WORK TO BE COMPLETED: Find each line below that includes "returns", then copy it.

EXCERPTED DATA:

□ □ □ □ □ □ □

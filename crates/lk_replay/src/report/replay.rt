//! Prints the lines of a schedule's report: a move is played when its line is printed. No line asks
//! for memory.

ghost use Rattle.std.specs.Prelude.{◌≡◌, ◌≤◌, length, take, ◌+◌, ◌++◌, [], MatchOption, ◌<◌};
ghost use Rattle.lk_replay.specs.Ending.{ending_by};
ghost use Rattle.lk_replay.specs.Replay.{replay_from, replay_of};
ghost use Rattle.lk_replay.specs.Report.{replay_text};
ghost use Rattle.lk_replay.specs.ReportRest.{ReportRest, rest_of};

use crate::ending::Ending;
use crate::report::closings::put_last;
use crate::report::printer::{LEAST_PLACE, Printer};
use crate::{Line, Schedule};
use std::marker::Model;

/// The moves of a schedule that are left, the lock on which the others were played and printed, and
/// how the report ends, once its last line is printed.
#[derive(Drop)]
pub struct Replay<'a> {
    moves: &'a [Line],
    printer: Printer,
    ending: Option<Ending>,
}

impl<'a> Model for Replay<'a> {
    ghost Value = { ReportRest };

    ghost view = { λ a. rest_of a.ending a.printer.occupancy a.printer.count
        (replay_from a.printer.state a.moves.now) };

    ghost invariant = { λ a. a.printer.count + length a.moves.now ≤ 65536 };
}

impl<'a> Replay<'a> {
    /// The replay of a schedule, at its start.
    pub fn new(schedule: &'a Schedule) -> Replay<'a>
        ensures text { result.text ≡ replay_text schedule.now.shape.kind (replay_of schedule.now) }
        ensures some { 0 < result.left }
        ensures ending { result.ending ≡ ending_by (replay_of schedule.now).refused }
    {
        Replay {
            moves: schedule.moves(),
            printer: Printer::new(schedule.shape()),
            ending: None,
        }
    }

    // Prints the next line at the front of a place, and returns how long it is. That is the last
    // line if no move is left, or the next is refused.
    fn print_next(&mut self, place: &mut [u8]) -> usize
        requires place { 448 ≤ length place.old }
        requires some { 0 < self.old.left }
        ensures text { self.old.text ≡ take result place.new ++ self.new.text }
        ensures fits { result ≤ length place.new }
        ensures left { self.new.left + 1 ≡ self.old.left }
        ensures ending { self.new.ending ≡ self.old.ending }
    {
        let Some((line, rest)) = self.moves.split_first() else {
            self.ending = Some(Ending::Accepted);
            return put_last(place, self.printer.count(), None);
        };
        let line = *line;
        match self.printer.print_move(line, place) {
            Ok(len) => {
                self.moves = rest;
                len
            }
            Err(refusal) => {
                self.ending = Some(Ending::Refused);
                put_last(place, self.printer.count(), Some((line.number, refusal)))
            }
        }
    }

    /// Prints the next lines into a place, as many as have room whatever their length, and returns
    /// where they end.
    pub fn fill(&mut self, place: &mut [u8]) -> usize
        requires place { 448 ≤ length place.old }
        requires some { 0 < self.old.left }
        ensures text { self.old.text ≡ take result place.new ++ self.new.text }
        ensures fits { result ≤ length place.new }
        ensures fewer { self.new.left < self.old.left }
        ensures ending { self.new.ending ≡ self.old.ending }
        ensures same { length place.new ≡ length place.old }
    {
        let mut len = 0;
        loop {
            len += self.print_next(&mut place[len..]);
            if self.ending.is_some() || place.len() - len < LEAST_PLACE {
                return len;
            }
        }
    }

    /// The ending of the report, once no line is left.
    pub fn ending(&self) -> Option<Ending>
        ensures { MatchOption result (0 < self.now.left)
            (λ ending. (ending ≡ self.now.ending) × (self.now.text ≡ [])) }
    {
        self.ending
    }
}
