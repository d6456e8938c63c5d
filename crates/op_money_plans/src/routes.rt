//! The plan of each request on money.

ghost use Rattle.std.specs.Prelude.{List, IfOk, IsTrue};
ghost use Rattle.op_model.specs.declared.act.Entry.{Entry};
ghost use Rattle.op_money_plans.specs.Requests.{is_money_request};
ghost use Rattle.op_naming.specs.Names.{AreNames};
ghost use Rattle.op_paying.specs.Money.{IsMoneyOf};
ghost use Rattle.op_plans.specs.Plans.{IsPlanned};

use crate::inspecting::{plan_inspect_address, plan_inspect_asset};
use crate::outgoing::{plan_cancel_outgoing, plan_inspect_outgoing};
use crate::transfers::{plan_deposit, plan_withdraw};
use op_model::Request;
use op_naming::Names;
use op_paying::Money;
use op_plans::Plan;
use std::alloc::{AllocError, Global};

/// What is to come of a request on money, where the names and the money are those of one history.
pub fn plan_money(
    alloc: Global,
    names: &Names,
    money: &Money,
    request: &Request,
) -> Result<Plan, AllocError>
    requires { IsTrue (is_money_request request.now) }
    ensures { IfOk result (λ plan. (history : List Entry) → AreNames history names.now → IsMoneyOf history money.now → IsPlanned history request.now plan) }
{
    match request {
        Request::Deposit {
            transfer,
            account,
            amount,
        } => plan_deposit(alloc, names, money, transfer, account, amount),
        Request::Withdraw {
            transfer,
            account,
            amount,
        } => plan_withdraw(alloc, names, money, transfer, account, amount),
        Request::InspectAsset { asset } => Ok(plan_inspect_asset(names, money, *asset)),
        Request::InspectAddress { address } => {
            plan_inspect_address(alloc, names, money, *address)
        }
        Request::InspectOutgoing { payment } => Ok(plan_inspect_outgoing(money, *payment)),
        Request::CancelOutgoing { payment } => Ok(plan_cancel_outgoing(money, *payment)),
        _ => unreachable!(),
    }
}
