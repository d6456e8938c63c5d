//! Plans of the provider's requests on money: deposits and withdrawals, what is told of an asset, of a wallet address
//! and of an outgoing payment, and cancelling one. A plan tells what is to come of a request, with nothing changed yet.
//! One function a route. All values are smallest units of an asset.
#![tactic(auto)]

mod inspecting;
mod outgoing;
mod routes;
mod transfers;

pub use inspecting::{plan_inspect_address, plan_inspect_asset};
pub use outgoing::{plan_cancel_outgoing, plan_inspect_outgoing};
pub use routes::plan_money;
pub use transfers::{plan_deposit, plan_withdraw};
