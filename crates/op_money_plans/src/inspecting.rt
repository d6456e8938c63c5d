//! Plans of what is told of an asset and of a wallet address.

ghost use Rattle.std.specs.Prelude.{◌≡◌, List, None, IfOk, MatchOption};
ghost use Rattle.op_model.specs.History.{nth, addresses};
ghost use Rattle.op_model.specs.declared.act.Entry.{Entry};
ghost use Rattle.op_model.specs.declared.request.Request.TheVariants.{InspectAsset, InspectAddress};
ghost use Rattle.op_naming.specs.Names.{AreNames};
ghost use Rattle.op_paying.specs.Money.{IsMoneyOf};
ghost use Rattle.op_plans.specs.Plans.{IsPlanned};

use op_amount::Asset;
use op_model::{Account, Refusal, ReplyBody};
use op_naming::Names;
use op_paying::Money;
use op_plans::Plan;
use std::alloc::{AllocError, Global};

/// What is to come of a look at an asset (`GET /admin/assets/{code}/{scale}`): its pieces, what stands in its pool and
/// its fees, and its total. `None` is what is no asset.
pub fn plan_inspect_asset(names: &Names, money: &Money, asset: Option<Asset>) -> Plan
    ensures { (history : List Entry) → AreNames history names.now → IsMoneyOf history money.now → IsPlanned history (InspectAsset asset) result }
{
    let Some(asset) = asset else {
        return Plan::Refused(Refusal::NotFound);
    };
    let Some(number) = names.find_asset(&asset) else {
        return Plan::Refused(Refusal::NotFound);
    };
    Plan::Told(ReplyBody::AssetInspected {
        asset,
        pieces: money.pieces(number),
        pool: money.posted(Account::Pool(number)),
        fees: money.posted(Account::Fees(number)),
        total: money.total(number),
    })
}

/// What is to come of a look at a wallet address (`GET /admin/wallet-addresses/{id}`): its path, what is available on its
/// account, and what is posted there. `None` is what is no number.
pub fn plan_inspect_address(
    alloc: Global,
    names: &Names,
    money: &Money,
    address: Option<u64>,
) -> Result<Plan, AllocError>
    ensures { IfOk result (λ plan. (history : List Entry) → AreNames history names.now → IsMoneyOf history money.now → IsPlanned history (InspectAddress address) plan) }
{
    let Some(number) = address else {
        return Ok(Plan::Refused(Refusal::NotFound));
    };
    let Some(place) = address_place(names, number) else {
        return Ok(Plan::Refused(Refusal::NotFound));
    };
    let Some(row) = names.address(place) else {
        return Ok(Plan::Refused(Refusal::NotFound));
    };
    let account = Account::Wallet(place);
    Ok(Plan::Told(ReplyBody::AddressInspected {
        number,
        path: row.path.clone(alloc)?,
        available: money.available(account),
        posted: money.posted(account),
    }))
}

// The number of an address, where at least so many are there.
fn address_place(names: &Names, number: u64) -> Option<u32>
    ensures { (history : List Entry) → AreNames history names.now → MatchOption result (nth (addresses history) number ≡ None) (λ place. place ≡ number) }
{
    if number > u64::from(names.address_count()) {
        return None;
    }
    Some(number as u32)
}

□ □ □ □ □ □ □

OUTPUT BELOW:
    // Prints the next line at the front of a place, and returns how long it is. That is the last
    /// Prints the next lines into a place, as many as have room whatever their length, and returns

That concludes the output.